Visualization of the Transparent, Gelatinous House of the Pelagic Tunicate Oikopleura vanhoeffeni Using Sepia Ink

P. R. Flood, D. Deibel and C. C. Morris
Institute of Anatomy, University of Bergen, Arstadveien 19, 5009 Bergen, Norway

Appendicularian tunicates of the genus Oikopleura feed using an external, acellular, transparent structure known as the house. Previously, dilute particulate dyes have been used to visualize the internal structure of this house. However, because of toxicity, large particle size, and flocculation, many of these dyes have been of limited practical and scientific use. We report on a new marker, the ink from the cephalopod Sepia officinalis, that solves many of these problems. Specimens of Oikopleura vanhoeffeni relished Sepia ink, having dark black stomachs and producing many dark fecal pellets over several days.
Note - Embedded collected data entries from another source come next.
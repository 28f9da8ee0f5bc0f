//! The forms of an input.

ghost use Rattle.std.specs.Prelude.{◌≡◌, ◌<◌, length, map, string_bytes, None, Some, IfOk, IfSome, IsSome};
ghost use Rattle.text_model.specs.Hex.{hex_value, digit_value, bad_hex_from, paired};
ghost use Rattle.stream_view.specs.Shown.{form_of, form_of_word, is_blank, digits_of, bytes_given};

use std::alloc::Global;
use xs_base::{Bytes, NoMemory};

/// How an input gives the bytes of a stream.
#[derive(Clone, Copy, Debug, PartialEq, Eq)]
pub enum Form {
    /// It is these bytes.
    Raw,
    /// It spells them in hexadecimal digits, with spaces and line feeds between digits.
    Hex,
}

/// The form that words ask for, if they are the one word of a form.
pub fn form_of(words: &[String]) -> Option<Form>
    ensures { result ≡ form_of (map string_bytes words.now) }
{
    if words.len() != 1 {
        return None;
    }
    form_of_word(words[0].as_str())
}

fn form_of_word(word: &str) -> Option<Form>
    ensures { result ≡ form_of_word word.now }
{
    if word == "raw" {
        Some(Form::Raw)
    } else if word == "hex" {
        Some(Form::Hex)
    } else {
        None
    }
}

fn is_blank(byte: u8) -> bool
    ensures { result ≡ is_blank byte }
{
    byte == b' ' || byte == b'\n'
}

// What a digit of either case stands for, if the byte is one.
fn value_of(byte: u8) -> Option<u8>
    ensures { result ≡ hex_value byte }
{
    match byte {
        b'0'..=b'9' => Some(byte - b'0'),
        b'a'..=b'f' => Some(byte - b'a' + 10),
        b'A'..=b'F' => Some(byte - b'A' + 10),
        _ => None,
    }
}

// How many digits a text has, if each other byte of it is blank.
fn count_of_digits(text: &[u8]) -> Option<usize>
    ensures digits { IfSome result (λ count. (bad_hex_from 0 (digits_of text.now) ≡ None) × (count ≡ length (digits_of text.now))) }
    ensures other { result ≡ None → IsSome (bad_hex_from 0 (digits_of text.now)) }
{
    let mut count = 0;
    for byte in text {
        if value_of(*byte).is_some() {
            count += 1;
        } else if !is_blank(*byte) {
            return None;
        }
    }
    Some(count)
}

// What a digit stands for, and 0 for another byte.
fn nibble(byte: u8) -> u8
    ensures value { result ≡ digit_value (hex_value byte) }
    ensures small { result < 16 }
{
    value_of(byte).unwrap_or(0)
}

// The bytes that digits spell, two each, with blanks between them; `count` of them are expected.
fn paired(alloc: Global, count: usize, text: &[u8]) -> Result<Vec<u8>, NoMemory>
    ensures { IfOk result (λ bytes. bytes.items ≡ paired (digits_of text.now)) }
{
    let mut bytes = Vec::with_capacity(alloc, count)?;
    let mut high = None;
    for byte in text {
        if is_blank(*byte) {
            continue;
        }
        match high {
            None => high = Some(*byte),
            Some(first) => {
                bytes.push(16 * nibble(first) + nibble(*byte))?;
                high = None;
            }
        }
    }
    Ok(bytes)
}

/// Why an input gives no bytes.
#[derive(Clone, Copy, Debug, PartialEq, Eq)]
pub enum FormFault {
    /// It is not spelled in its form.
    NotSpelled,
    /// No memory was found for the bytes.
    NoMemory,
}

/// The bytes that an input gives by its form. An input that is not spelled in its form is refused before any memory is
/// taken. O(their number), in two passes over digits.
pub fn bytes_given(alloc: Global, form: Form, input: Bytes) -> Result<Bytes, FormFault>
    ensures ok { IfOk result (λ bytes. bytes_given form input ≡ Some bytes) }
    ensures not_spelled { result ≡ Err FormFault.NotSpelled → (form ≡ Form.Hex) × (bytes_given Form.Hex input ≡ None) }
    ensures no_memory { result ≡ Err FormFault.NoMemory → IsSome (bytes_given form input) }
{
    match form {
        Form::Raw => Ok(input),
        Form::Hex => bytes_of_digits(alloc, input.as_slice()),
    }
}

fn bytes_of_digits(alloc: Global, text: &[u8]) -> Result<Bytes, FormFault>
    ensures ok { IfOk result (λ bytes. bytes_given Form.Hex text.now ≡ Some bytes) }
    ensures not_spelled { result ≡ Err FormFault.NotSpelled → bytes_given Form.Hex text.now ≡ None }
    ensures no_memory { result ≡ Err FormFault.NoMemory → IsSome (bytes_given Form.Hex text.now) }
{
    let Some(count) = count_of_digits(text) else {
        return Err(FormFault::NotSpelled);
    };
    if !count.is_multiple_of(2) {
        return Err(FormFault::NotSpelled);
    }
    match paired(alloc, count / 2, text) {
        Ok(bytes) => Ok(Bytes::from_vec(bytes)),
        Err(NoMemory) => Err(FormFault::NoMemory),
    }
}
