//! The tree of nodes (xenstore.txt).
//!
//! A [`Tree`] is a finite map from paths to nodes, each with a number that grows when the path changes. It holds `/`
//! and the parent of each of its other paths. Contracts see its nodes and its numbers by path, the counter from which
//! the next number is taken, and for how many further nodes it has memory; [`laws`] has that the tree stays one, and
//! what numbers edits and a stamp leave.
#![tactic(auto)]

mod entry;
pub mod laws;
mod nodes;
mod stamp;
mod view;

ghost use Rattle.std.specs.Prelude.{◌≡◌, ◌+◌, ◌<◌, ◌≤◌, true, false, [], ◌∷◌, Some, None, Ok, IfOk, IfSome, OnOk, max, if◌then◌else◌};
ghost use Rattle.std.specs.FinMap.{find, put};
ghost use Rattle.std.specs.Option.{option_copied, option_map};
ghost use Rattle.path_map.specs.Map.{most_kept};
ghost use Rattle.path_map.specs.Marks.{path_behind};
ghost use Rattle.xs_model.specs.Generations.{new_generations, greatest, greater, numbered, next_generation, generation_max};
ghost use Rattle.xs_model.specs.Paths.{child, text, path_of, path_cmp};
ghost use Rattle.xs_model.specs.Requests.{is_root};
ghost use Rattle.xs_model.specs.Trees.{IsTree, new_tree, node_at, is_present, children, edited_at, has_entry};
ghost use Rattle.node_tree.specs.KeptTree.{has_parent, IsKept, nodes_of, gens_of};
ghost use Rattle.node_tree.specs.Made.{IsMade};
ghost use Rattle.node_tree.specs.Names.{first_name, names_above};
ghost use Rattle.node_tree.specs.Numbers.{restamped, counted};
ghost use Rattle.node_tree.specs.MadeProofs.{made_nothing, made_more, made_backwards};

pub use entry::Entry;
pub use nodes::Node;
use path_map::{PathMap, Walk, name_below};
use std::alloc::Global;
use std::marker::Model;
pub use view::View;
use xs_base::NoMemory;
use xs_path::{Path, Paths};

/// A tree of nodes with a number for each path: xenstore.txt's generation of a node, as DIRECTORY_PART shows it. How
/// the numbers are counted is this project's own.
#[derive(Debug, Drop)]
pub struct Tree {
    map: PathMap<Entry>,
    counter: u64,
}

impl Model for Tree {
    ghost use Rattle.std.specs.Prelude.{◌≤◌};
    ghost use Rattle.std.specs.List.{AllByRecursion};
    ghost use Rattle.xs_model.specs.Trees.{IsTree};
    ghost use Rattle.xs_model.specs.Generations.{generation_max};
    ghost use Rattle.node_tree.specs.KeptTree.{KeptTree, nodes_of, gens_of};

    ghost Value = { KeptTree };

    ghost view = { λ t. record {
      nodes = nodes_of t.map.entries;
      gens = gens_of t.map.entries;
      counter = t.counter;
      spare = t.map.spare;
      kept = t.map.kept;
    } };

    ghost invariant = { λ t. record {
      tree : IsTree (nodes_of t.map.entries);
      numbers : AllByRecursion (λ e. e.1 ≤ generation_max) (gens_of t.map.entries);
      counter : t.counter ≤ generation_max;
    } };
}

impl Tree {
    /// The tree of a new store: `/` alone, with an empty value and the number 0.
    pub fn new(alloc: Global) -> Result<Tree, NoMemory>
        ensures nodes { IfOk result (λ tree. tree.nodes ≡ new_tree) }
        ensures gens { IfOk result (λ tree. tree.gens ≡ new_generations) }
        ensures counter { IfOk result (λ tree. tree.counter ≡ 0) }
    {
        let path = Path::root(alloc)?;
        let node = Node::root(alloc)?;
        let mut map = PathMap::new(alloc);
        map.reserve(1)?;
        map.put(
            path,
            Entry {
                node,
                generation: 0,
            },
        );
        Ok(Tree { map, counter: 0 })
    }

    /// What holds of every tree in memory. It does nothing.
    pub fn is_kept(&self)
        ensures { IsKept self.now }
    {
        let _counter = self.counter;
    }

    /// All nodes with their numbers, in the order of their paths, one after the other. O(1).
    pub fn walk(&self) -> Walk<'_, Entry>
        ensures nodes { nodes_of result ≡ self.now.nodes }
        ensures gens { gens_of result ≡ self.now.gens }
    {
        self.map.walk()
    }

    /// The first path behind this one, which need not be there itself. Costs O(log nodes) comparisons of paths.
    pub fn next_after(&self, path: &Path) -> Option<&Path>
        ensures { option_copied result ≡ path_behind self.now.nodes path.now }
    {
        self.map.next_after(path)
    }

    /// The number of a path, if it is there. Costs O(log nodes) comparisons of paths.
    pub fn generation(&self, path: &Path) -> Option<u64>
        ensures { result ≡ find path_cmp path.now self.now.gens }
    {
        match self.map.get(path) {
            Some(entry) => Some(entry.generation),
            None => None,
        }
    }

    /// Gives the changed paths that are there the number one above the counter, or the last of 48 bits, and the counter
    /// that number where one of them is. Takes no memory. Costs O(log nodes) comparisons for each of the paths.
    pub fn stamp(&mut self, changed: &Paths)
        ensures nodes { self.new.nodes ≡ self.old.nodes }
        ensures gens { self.new.gens ≡ restamped changed.now (next_generation self.old.counter) self.old.gens }
        ensures counter { self.new.counter ≡ counted changed.now self.old.counter self.old.gens }
        ensures spare { self.new.spare ≡ self.old.spare }
        ensures kept { self.new.kept ≡ self.old.kept }
        ensures numbered { self.old.counter ≡ greatest self.old.gens → self.new.gens ≡ numbered changed.now self.old.gens self.old.nodes }
        ensures greatest { self.old.counter ≡ greatest self.old.gens → self.new.counter ≡ greatest self.new.gens }
    {
        let number = stamp::next_generation(self.counter);
        let found = stamp::stamp_all(&mut self.map, changed, number);
        self.counter = stamp::chosen(found, number, self.counter);
    }

    /// Gives a path the number that it had, and raises the counter to it; says whether the path is there. Takes no
    /// memory. Costs O(log nodes) comparisons of paths.
    pub fn regenerate(&mut self, path: &Path, generation: u64) -> bool
        requires { generation ≤ generation_max }
        ensures found { result ≡ is_present self.old.nodes path.now }
        ensures after { self.new ≡ (if result then record self.old { gens = put path_cmp path.now generation self.old.gens; counter = greater self.old.counter generation } else self.old) }
    {
        match self.map.get_mut(path) {
            Some(entry) => entry.generation = generation,
            None => return false,
        }
        self.counter = self.counter.max(generation);
        true
    }
}

impl View for Tree {
    ghost nodes = { λ t. t.nodes };

    ghost spare = { λ t. t.spare };

    ghost made = { IsMade };

    /// The node at a path, if there is one. Costs O(log nodes) comparisons of paths.
    fn node(&self, path: &Path) -> Option<&Node>
        ensures node { option_copied result ≡ node_at self.now.nodes path.now }
        ensures tree { IsTree self.now.nodes }
    {
        match self.map.get(path) {
            Some(entry) => Some(&entry.node),
            None => None,
        }
    }

    /// The next name above `leaf` among those of a path's children, or the first of them where that is empty. Costs
    /// O(log nodes) comparisons of paths.
    fn child_after(&self, path: &Path, leaf: &[u8]) -> Option<&[u8]>
        ensures name { option_map (λ name. name.now) result ≡ first_name (names_above leaf.now (children self.now.nodes path.now)) }
        ensures spelled { IfSome result (λ name. path_of (text (child path.now name.now)) 0 ≡ Ok (child path.now name.now)) }
        ensures tree { IsTree self.now.nodes }
    {
        match self.map.next_past(path, leaf) {
            Some(next) => name_below(next, path),
            None => None,
        }
    }

    /// Takes memory for so many edits, and keeps a chunk for each of them at most. The nodes and their numbers are the
    /// same afterwards, also where there is no memory.
    fn reserve(&mut self, edits: usize) -> Result<(), NoMemory>
        ensures ok { OnOk result (edits ≤ self.new.spare) }
        ensures nodes { self.new.nodes ≡ self.old.nodes }
        ensures made { IsMade self.old [] self.new }
        ensures spare { self.old.spare ≤ self.new.spare }
        ensures kept { self.new.kept ≤ max self.old.kept (most_kept self.old.nodes edits) }
    {
        self.map.reserve(edits)
    }

    /// Gives a path its node, in the place of the one that it has or in a place reserved before. A path that is there
    /// keeps its number, a new one has 0. Takes no memory. Costs O(log nodes) comparisons of paths, and for a new path
    /// moves the entries of one chunk, and the list of chunks where that one was full.
    fn set(&mut self, path: Path, node: Node)
        requires parent { has_parent self.old.nodes path ≡ true }
        requires entry { has_entry node.perms ≡ true }
        requires spare { 0 < self.old.spare }
        ensures nodes { self.new.nodes ≡ edited_at self.old.nodes path (Some node) }
        ensures made { IsMade self.old ((path, Some node) ∷ []) self.new }
        ensures spare { self.old.spare ≤ self.new.spare + 1 }
        ensures kept { self.new.kept ≤ self.old.kept }
    {
        if let Some(entry) = self.map.get_mut(&path) {
            entry.node = node;
            return;
        }
        let generation = 0;
        self.map.put(path, Entry { node, generation });
    }

    /// Takes the node of a path away, if there is one, and its number. Takes no memory. Costs O(log nodes) comparisons
    /// of paths, and moves the entries of one chunk, and the list of chunks where that has no other entry.
    fn remove(&mut self, path: Path)
        requires below { is_root path ≡ false }
        requires childless { children self.old.nodes path ≡ [] }
        ensures nodes { self.new.nodes ≡ edited_at self.old.nodes path None }
        ensures made { IsMade self.old ((path, None) ∷ []) self.new }
        ensures spare { self.old.spare ≤ self.new.spare }
        ensures kept { self.new.kept ≡ self.old.kept }
    {
        self.map.remove(&path);
    }

    ghost made_nothing = { made_nothing };

    ghost made_more = { made_more };

    ghost made_backwards = { made_backwards };
}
When O. vanhoeffeni expanded houses in dilute ink, the internal walls, septae, and filters were shown in great detail, whereas high concentrations of ink showed delicate patterns of lines on the internal walls. We present documentary photographs of previously unillustrated or undescribed morphologies: the escape slot; the incurrent funnels; two dimples caused by insertion of suspensory filaments on the upper wall of the posterior chamber, a large, posterior keel; both the open and closed positions of the exit valve; and the complex pattern of lines on the inner walls. However, the external walls of the house had no affinity for the dye and could only be seen by dark field illumination. We believe that Sepia ink can be used to visualize functionally important transparent structures of other gelatinous zooplankton and can be a colloidal marker in feeding experiments of a wide range of filter feeders.